History

Japan
- Name: Yu 2002
- Builder: Ando Iron Works, Tsukishima, Tokyo, Japan
- Launched: 31 March 1945
- Fate: Surrendered August 1945; Scuttled or scrapped;

General characteristics Yu I type
- Type: Transport submarine
- Displacement: 274 long tons (278 t) surfaced; 346 long tons (352 t) submerged;
- Length: 41.40 m (135 ft 10 in) overall
- Beam: 3.90 m (12 ft 10 in)
- Draft: 3.00 m (9 ft 10 in)
- Propulsion: 2 × Hesselman engines; 298 kW (400 bhp) surfaced; 56 kW (75 shp) submerged; single shaft;
- Speed: 10 knots (19 km/h; 12 mph) surfaced; 4 knots (7.4 km/h; 4.6 mph) submerged;
- Range: 1,500 nmi (2,800 km; 1,700 mi) at 8 knots (15 km/h; 9.2 mph) surfaced; 32 nmi (59 km; 37 mi) at 4 knots (7.4 km/h; 4.6 mph) submerged;
- Test depth: 100 m (328 ft)
- Capacity: 24 tons freight or 40 troops
- Complement: 23
- Armament: 1 × Type 4 37 mm shipboard gun; 2 × IJN Type 92 13 mm antiaircraft guns;

= Japanese submarine Yu 2002 =

Imperial Japanese Army Yu 1-class submarine

Yu 2002 was an Imperial Japanese Army transport submarine, a unit of the Yu 2001 subclass of the Yu I type. Constructed for use during the latter stages of World War II, she served in the waters of the Japanese archipelago.

==Construction==
In the final two years of World War II, the Imperial Japanese Army constructed transport submarines — officially the Type 3 submergence transport vehicle and known to the Japanese Army as the Maru Yu — with which to supply its isolated island garrisons in the Pacific. Only submarines of the Yu I type were completed and saw service. The Yu I type was produced in four subclasses, each produced by a different manufacturer and differing primarily in the design of their conning towers and details of their gun armament. The submarines of the Yu 2001 subclass notably differed from the other Yu I-type submarines in their "repose room," a deckhouse extending aft of the conning tower which gave the crew more room and greater comfort. None of the Yu I-type submarines carried torpedoes or had torpedo tubes. Yu 2002 was a unit of the Yu 2001 subclass.

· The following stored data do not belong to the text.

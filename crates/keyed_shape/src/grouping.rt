//! The columns of a group: its keys, and its results in the written order.

ghost use Rattle.std.specs.Prelude.{◌≡◌, ◌<◌, ◌^◌, ◌++◌, ◌∷◌, [], List, ℕ, Bool, length, map, true, None, option_copied, IfOk};
ghost use Rattle.std.specs.List.{AllByRecursion};
ghost use Rattle.ds_schema.specs.Schemas.{IsFieldName};
ghost use Rattle.flow_graph.specs.declared.op_kind.AggSpec.{AggSpec as Agg};
ghost use Rattle.shape_base.specs.Causes.{first_cause};
ghost use Rattle.shape_base.specs.Naming.{has_keys, key_cause};
ghost use Rattle.shape_base.specs.Widths.{fields_cause};
ghost use Rattle.keyed_shape.specs.Keyed.{can_sum, sum_kind, source, source_columns, source_cause, sum_cause, result_cause, result_causes, result_name, made_field, field_named, result_field, group_fields};

use crate::keying::{field_named, is_nullable, kind_of};
use ds_schema::{Field, Schema};
use ds_value::{Copied, Items, Kind, Name, NoMemory};
use flow_graph::AggSpec;
use shape_base::naming::{column, has_column, has_keys};
use shape_base::{ShapeWhy, fields_cause};
use std::alloc::Global;

fn can_sum(kind: Kind) -> bool
    ensures { result ≡ can_sum kind }
{
    match kind {
        Kind::Int(_) | Kind::UInt(_) => true,
        Kind::Dec { p, .. } => p <= 18,
        Kind::Text { .. } | Kind::Date => false,
    }
}

/// The kind of a sum; a kind that has none stays as it is.
fn sum_kind(kind: Kind) -> Kind
    ensures { result ≡ sum_kind kind }
{
    match kind {
        Kind::Int(_) => Kind::Int(64),
        Kind::UInt(_) => Kind::UInt(64),
        Kind::Dec { s, .. } => Kind::Dec { p: 38, s },
        Kind::Text { .. } | Kind::Date => kind,
    }
}

fn source_cause(fields: &[Field], old: &Name) -> Option<ShapeWhy>
    ensures { result ≡ source_cause fields.now old.now }
{
    if has_column(fields, old) {
        None
    } else {
        Some(ShapeWhy::Field)
    }
}

fn sum_cause(fields: &[Field], old: &Name) -> Option<ShapeWhy>
    ensures { result ≡ sum_cause fields.now old.now }
{
    if !has_column(fields, old) {
        return Some(ShapeWhy::Field);
    }
    if !can_sum(kind_of(fields, old)) {
        return Some(ShapeWhy::Kind);
    }
    None
}

fn result_cause(fields: &[Field], agg: &AggSpec) -> Option<ShapeWhy>
    ensures { result ≡ result_cause fields.now agg.now }
{
    match agg {
        AggSpec::Sum(_, old) => sum_cause(fields, old),
        AggSpec::Count(_) => None,
        AggSpec::Min(_, old)
        | AggSpec::Max(_, old)
        | AggSpec::First(_, old)
        | AggSpec::Last(_, old) => source_cause(fields, old),
    }
}

/// The first cause at the results of a group.
fn results_cause(fields: &[Field], results: &[AggSpec]) -> Option<ShapeWhy>
    ensures { result ≡ first_cause (result_causes results.now fields.now) }
{
    for agg in results {
        if let Some(why) = result_cause(fields, agg) {
            return Some(why);
        }
    }
    None
}

/// What is wrong at a group, where its input has this schema.
pub fn group_cause(
    alloc: Global,
    key: &[(Name, bool)],
    results: &[AggSpec],
    first: &Schema,
) -> Result<Option<ShapeWhy>, NoMemory>
    ensures { IfOk result (λ cause. cause ≡ first_cause ((key_cause key.now first.now ∷ result_causes results.now first.now) ++ (fields_cause (group_fields key.now results.now first.now) ∷ []))) }
{
    let fields = first.as_slice();
    if !has_keys(fields, key) {
        return Ok(Some(ShapeWhy::Field));
    }
    if let Some(why) = results_cause(fields, results) {
        return Ok(Some(why));
    }
    let made = group_fields(alloc, key, results, fields)?;
    Ok(fields_cause(made.as_slice()))
}

fn made_field(name: &Name, nullable: bool, kind: Kind) -> Result<Field, NoMemory>
    ensures { IfOk result (λ field. field ≡ made_field name.now nullable kind) }
{
    Ok(Field {
        name: name.copied()?,
        nullable,
        kind,
    })
}

/// The column of a result. Sums, least and greatest values are null where no value is left.
fn result_field(fields: &[Field], agg: &AggSpec) -> Result<Field, NoMemory>
    ensures { IfOk result (λ field. field ≡ result_field fields.now agg.now) }
{
    match agg {
        AggSpec::Sum(new, old) => made_field(new, true, sum_kind(kind_of(fields, old))),
        AggSpec::Count(new) => made_field(new, false, Kind::UInt(64)),
        AggSpec::Min(new, old) | AggSpec::Max(new, old) => {
            made_field(new, true, kind_of(fields, old))
        }
        AggSpec::First(new, old) | AggSpec::Last(new, old) => {
            made_field(new, is_nullable(fields, old), kind_of(fields, old))
        }
    }
}

fn key_fields(alloc: Global, key: &[(Name, bool)], fields: &[Field]) -> Result<Vec<Field>, NoMemory>
    requires { has_keys fields.now key.now ≡ true }
    ensures { IfOk result (λ made. made.items ≡ map (λ (k : List ℕ × Bool). field_named fields.now (k.0)) key.now) }
{
    let mut made = Vec::new(alloc);
    for (name, _) in key {
        made.push(field_named(fields, name).copied()?)?;
    }
    Ok(made)
}

/// The fields of a group's rows.
fn group_fields(
    alloc: Global,
    key: &[(Name, bool)],
    results: &[AggSpec],
    fields: &[Field],
) -> Result<Vec<Field>, NoMemory>
    requires { has_keys fields.now key.now ≡ true }
    ensures { IfOk result (λ made. made.items ≡ group_fields key.now results.now fields.now) }
{
    let mut made = key_fields(alloc, key, fields)?;
    for agg in results {
        made.push(result_field(fields, agg)?)?;
    }
    Ok(made)
}

/// The schema of a group's rows.
pub fn group_schema(
    alloc: Global,
    key: &[(Name, bool)],
    results: &[AggSpec],
    first: &Schema,
) -> Result<Schema, NoMemory>
    requires sound { first_cause ((key_cause key.now first.now ∷ result_causes results.now first.now) ++ (fields_cause (group_fields key.now results.now first.now) ∷ [])) ≡ None }
    requires stand { AllByRecursion (λ (a : Agg). IsFieldName (result_name a)) results.now }
    ensures { IfOk result (λ schema. schema ≡ group_fields key.now results.now first.now) }
{
    let fields = group_fields(alloc, key, results, first.as_slice())?;
    Ok(Schema::from_vec(fields))
}

/// The column that a result is made of; a count is of none.
fn source(agg: &AggSpec) -> Option<&Name>
    ensures { option_copied result ≡ source agg.now }
{
    match agg {
        AggSpec::Count(_) => None,
        AggSpec::Sum(_, old)
        | AggSpec::Min(_, old)
        | AggSpec::Max(_, old)
        | AggSpec::First(_, old)
        | AggSpec::Last(_, old) => Some(old),
    }
}

/// The columns of a group's results without its counts.
pub fn source_columns(
    alloc: Global,
    results: &[AggSpec],
    fields: &[Field],
) -> Result<Items<u32>, NoMemory>
    requires { length fields.now < 2 ^ 32 }
    ensures { IfOk result (λ cols. cols ≡ source_columns results.now fields.now) }
{
    let mut cols = Items::new(alloc);
    for agg in results {
        if let Some(old) = source(agg) {
            cols.push(column(fields, old))?;
        }
    }
    Ok(cols)
}
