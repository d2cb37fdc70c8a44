//! The shape of operators by keys: what is wrong at the options and outputs of groups, joins, lookups,
//! merges, changes and funnels, and the fields of their outputs.
#![tactic(auto)]

mod alike;
mod capturing;
mod grouping;
mod joining;
mod keying;
mod looking;
mod merging;

pub use alike::inputs_keys;
pub use capturing::{capture_cause, capture_schema, funnel_cause, value_columns};
pub use grouping::{group_cause, group_schema, source_columns};
pub use joining::{FULL_OUTER, INNER, LEFT_OUTER, Lost, RIGHT_OUTER, join_cause, join_schema};
pub use looking::{lookup_cause, lookup_schema};
pub use merging::{merge_cause, merge_schema};
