//! The texts that commands print of objects that were found: the lines of trees, files and names, and a commit in each format
//! of `log`; and the words of a command, read as revisions and ranges. Nothing is looked up here, and nothing goes out.
#![tactic(auto)]

mod asked;
mod choices;
mod entries;
mod formats;
mod identities;
mod messages;
mod names;
mod paths;
mod words;

pub use asked::{Asked, read_asked};
pub use choices::{passes, put_count};
pub use entries::{listing, put_line};
pub use formats::{gap, put_commit};
pub use names::shown_line;
pub use paths::printed_path;
pub use words::{add_lines, read_ranges, read_revisions, texts_of, word_at, words_in};
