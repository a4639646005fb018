//! The words of a command, and what they are read as, one after the other. Source: gitrevisions(7).

ghost use Rattle.std.specs.Prelude.{◌≡◌, ◌++◌, ◌∷◌, IfOk, OnOk, [], map};
ghost use Rattle.gx_model.specs.Revisions.{range_of, revision_of};
ghost use Rattle.gx_model.specs.Revisions.Ranges.{each_word};
ghost use Rattle.gx_rev.specs.Views.{shown_range};
ghost use Rattle.gx_rev.specs.Walking.{refused_at};
ghost use Rattle.gx_text.specs.Lent.{lent_texts};
ghost use Rattle.gx_print.specs.Words.{ReadsWords, word_at, words_in};

use gx_rev::{Range, RevFault, Revision, WalkFault};
use gx_text::cut;
use std::alloc::{AllocError, Allocator};

/// The bytes of words.
///
/// Memory: 16 bytes a word.
pub fn texts_of<'a, A: Allocator + Copy>(
    alloc: A,
    words: &[&'a str],
) -> Result<Vec<&'a [u8], A>, AllocError>
    ensures { IfOk result (λ texts. lent_texts texts.items ≡ lent_texts words.now) }
{
    let mut texts = Vec::new(alloc);
    for word in words {
        texts.push(word.as_bytes())?;
    }
    Ok(texts)
}

/// Puts lines behind words.
///
/// Memory: 16 bytes a line.
pub fn add_lines<'a, A: Allocator + Copy>(
    words: &mut Vec<&'a [u8], A>,
    lines: &'a [Vec<u8, A>],
) -> Result<(), AllocError>
    ensures { OnOk result (lent_texts words.new.items ≡ lent_texts words.old.items
        ++ map (λ line. line.items) lines.now) }
{
    for line in lines {
        words.push(line.as_slice())?;
    }
    Ok(())
}

/// The words of a text, which single spaces divide.
///
/// Cost: the text. Memory: 16 bytes a word.
pub fn words_in<'a, A: Allocator + Copy>(
    alloc: A,
    text: &'a [u8],
) -> Result<Vec<&'a [u8], A>, AllocError>
    ensures { IfOk result (λ words. lent_texts words.items ≡ words_in text.now) }
{
    let mut words = Vec::new(alloc);
    let mut left = text;
    while let Some((word, rest)) = cut(left, b' ') {
        words.push(word)?;
        left = rest;
    }
    words.push(left)?;
    Ok(words)
}

/// Each word as a revision, or the first that is none, by its number from 1. Want of memory has the number 0.
///
/// Cost: that of `Revision::read` for each word. Memory: the revisions.
pub fn read_revisions<A: Allocator + Copy>(
    alloc: A,
    words: &[&[u8]],
) -> Result<Vec<Revision<A>, A>, WalkFault>
    ensures { ReadsWords (λ revisions. revisions.items) result
        (each_word revision_of (lent_texts words.now)) }
{
    let mut revisions = Vec::new(alloc);
    for (place, word) in words.iter().enumerate() {
        match Revision::read(alloc, word) {
            Ok(revision) => put(&mut revisions, revision)?,
            Err(kind) => return Err(refused(place + 1, kind)),
        }
    }
    Ok(revisions)
}

/// Each word as a range word, or the first that is none, by its number from 1. Want of memory has the number 0.
///
/// Cost: that of `Range::read` for each word. Memory: the ranges.
pub fn read_ranges<A: Allocator + Copy>(
    alloc: A,
    words: &[&[u8]],
) -> Result<Vec<Range<A>, A>, WalkFault>
    ensures { ReadsWords (λ ranges. map shown_range ranges.items) result
        (each_word range_of (lent_texts words.now)) }
{
    let mut ranges = Vec::new(alloc);
    for (place, word) in words.iter().enumerate() {
        match Range::read(alloc, word) {
            Ok(range) => put(&mut ranges, range)?,
            Err(kind) => return Err(refused(place + 1, kind)),
        }
    }
    Ok(ranges)
}

/// The word with this number, from 1. Takes no memory.
pub fn word_at<'a>(words: &[&'a [u8]], number: u64) -> &'a [u8]
    ensures { result.now ≡ word_at (lent_texts words.now) number }
{
    let place = number.saturating_sub(1) as usize;
    if place < words.len() {
        words[place]
    } else {
        b""
    }
}

/// Puts what was read behind the others.
fn put<T: Drop, A: Allocator>(all: &mut Vec<T, A>, read: T) -> Result<(), AllocError>
    ensures { OnOk result (all.new.items ≡ all.old.items ++ read ∷ []) }
{
    Ok(all.push(read)?)
}

/// The refusal of the word with this number. Want of memory is of none.
fn refused(word: usize, kind: RevFault) -> WalkFault
    ensures { result ≡ refused_at word kind }
{
    match kind {
        RevFault::OutOfMemory => WalkFault { word: 0, kind },
        kind => WalkFault { word, kind },
    }
}
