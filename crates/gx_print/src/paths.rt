//! Bytes of a stream, as paths are printed. Source: git-ls-files(1), "core.quotePath".

ghost use Rattle.std.specs.Prelude.{◌≡◌, IfOk};
ghost use Rattle.gx_model.specs.Texts.Paths.{printed};

use gx_text::put_printed;
use std::alloc::{AllocError, Allocator};

/// A text as a path is printed.
///
/// Cost: that of `gx_text::put_printed`. Source: git-ls-files(1), "core.quotePath".
pub fn printed_path<A: Allocator + Copy>(alloc: A, text: &[u8]) -> Result<Vec<u8, A>, AllocError>
    ensures { IfOk result (λ shown. shown.items ≡ printed text.now) }
{
    let mut shown = Vec::new(alloc);
    put_printed(&mut shown, text)?;
    Ok(shown)
}
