//! The lines of the paths at which two revisions differ. Source: git-diff-tree(1), "RAW OUTPUT FORMAT".

ghost use Rattle.std.specs.Prelude.{◌≡◌, ◌++◌, ◌∷◌, [], OnOk};
ghost use Rattle.gx_differences.specs.Listed.{shown_difference, shown_leaf};
ghost use Rattle.gx_diff.specs.Lines.{files_fields, line_of, mode_field, name_field, path_field, status, status_fields, status_of, type_of};

use gx_asks::DiffForm;
use gx_differences::{Difference, FileLeaf};
use gx_export::mode_digits;
use gx_object::Mode;
use gx_text::put_printed;
use std::alloc::{AllocError, Allocator};

/// Appends the line of a path in a form: of those that tell of no path, nothing.
pub(crate) fn put_line<A: Allocator + Copy>(
    text: &mut Vec<u8, A>,
    form: DiffForm,
    nul: bool,
    difference: &Difference<A>,
) -> Result<(), AllocError>
    ensures { OnOk result (text.new.items ≡ text.old.items
        ++ line_of form nul (shown_difference difference.now)) }
{
    match form {
        DiffForm::Status => put_status(text, nul, difference),
        DiffForm::Paths => put_path(text, nul, difference.path.joined()),
        DiffForm::Raw => {
            put_files(text, difference)?;
            put_status(text, nul, difference)
        }
        DiffForm::Count | DiffForm::Patch | DiffForm::Quiet => Ok(()),
    }
}

/// Appends the status and the path.
fn put_status<A: Allocator + Copy>(
    text: &mut Vec<u8, A>,
    nul: bool,
    difference: &Difference<A>,
) -> Result<(), AllocError>
    ensures { OnOk result (text.new.items ≡ text.old.items
        ++ status_fields nul (shown_difference difference.now)) }
{
    text.push(status_of(difference))?;
    text.push(if nul { 0 } else { b'\t' })?;
    put_path(text, nul, difference.path.joined())
}

/// Appends a path, as it ends a line.
fn put_path<A: Allocator + Copy>(
    text: &mut Vec<u8, A>,
    nul: bool,
    path: &[u8],
) -> Result<(), AllocError>
    ensures { OnOk result (text.new.items ≡ text.old.items ++ path_field nul path.now) }
{
    if nul {
        text.extend_from_slice(path)?;
        text.push(0)?;
    } else {
        put_printed(text, path)?;
        text.push(b'\n')?;
    }
    Ok(())
}

/// Appends the modes and the names, before and after.
fn put_files<A: Allocator + Copy>(
    text: &mut Vec<u8, A>,
    difference: &Difference<A>,
) -> Result<(), AllocError>
    ensures { OnOk result (text.new.items ≡ text.old.items
        ++ files_fields (shown_difference difference.now)) }
{
    text.push(b':')?;
    put_field(text, mode_field(&difference.old).as_slice())?;
    put_field(text, mode_field(&difference.new).as_slice())?;
    put_field(text, name_field(&difference.old).as_slice())?;
    put_field(text, name_field(&difference.new).as_slice())
}

/// Appends a field and a space.
fn put_field<A: Allocator + Copy>(text: &mut Vec<u8, A>, field: &[u8]) -> Result<(), AllocError>
    ensures { OnOk result (text.new.items ≡ text.old.items ++ field.now ++ 32 ∷ []) }
{
    text.extend_from_slice(field)?;
    text.push(b' ')?;
    Ok(())
}

/// The mode of a file, and zeros where there is none.
fn mode_field(leaf: &Option<FileLeaf>) -> [u8; 6]
    ensures { result ≡ mode_field (shown_leaf leaf.now) }
{
    match leaf {
        None => *b"000000",
        Some(leaf) => mode_digits(leaf.mode),
    }
}

/// The digits of what a file holds, and zeros where there is none. Takes no memory.
///
/// Source: git-diff-tree(1), "RAW OUTPUT FORMAT".
pub fn name_field(leaf: &Option<FileLeaf>) -> [u8; 40]
    ensures { result ≡ name_field (shown_leaf leaf.now) }
{
    match leaf {
        None => *b"0000000000000000000000000000000000000000",
        Some(leaf) => leaf.name.hex(),
    }
}

/// The letter of what became of a path: A where it is new, D where it is gone, T where it has another type, and else M.
/// Takes no memory.
///
/// Source: git-diff-tree(1), "RAW OUTPUT FORMAT".
pub fn status_of<A: Allocator>(difference: &Difference<A>) -> u8
    ensures { result ≡ status_of (shown_difference difference.now) }
{
    status(&difference.old, &difference.new)
}

fn status(old: &Option<FileLeaf>, new: &Option<FileLeaf>) -> u8
    ensures { result ≡ status (shown_leaf old.now) (shown_leaf new.now) }
{
    match old {
        None => b'A',
        Some(old) => match new {
            None => b'D',
            Some(new) => {
                if type_of(old.mode) == type_of(new.mode) {
                    b'M'
                } else {
                    b'T'
                }
            }
        },
    }
}

/// The type of a file: one that may be run is of the type of others.
fn type_of(mode: Mode) -> Mode
    ensures { result ≡ type_of mode }
{
    match mode {
        Mode::Exec => Mode::File,
        mode => mode,
    }
}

Ando Iron Works (Ando Tekkojo) constructed Yu 2002 in the Tsukishima district of Tokyo, Japan. She was launched on 31 March 1945.

==Service history==
Yu 2002 spent her operational career in Japanese home waters. In January 1945, several Type I transport submarines were sent to operate from Shimoda on the southern tip of the Izu Peninsula in Shizuoka Prefecture on Honshu, and the submarines began transport missions from Shimoda in March 1945. Yu 2002 made a round-trip supply voyage from Shimoda to Hachijō-jima in the Philippine Sea sometime during 1945.

World War II ended with the cessation of hostilities on 15 August 1945. Yu 2002 surrendered to the Allies later in August 1945. She was subsequently either scuttled or scrapped.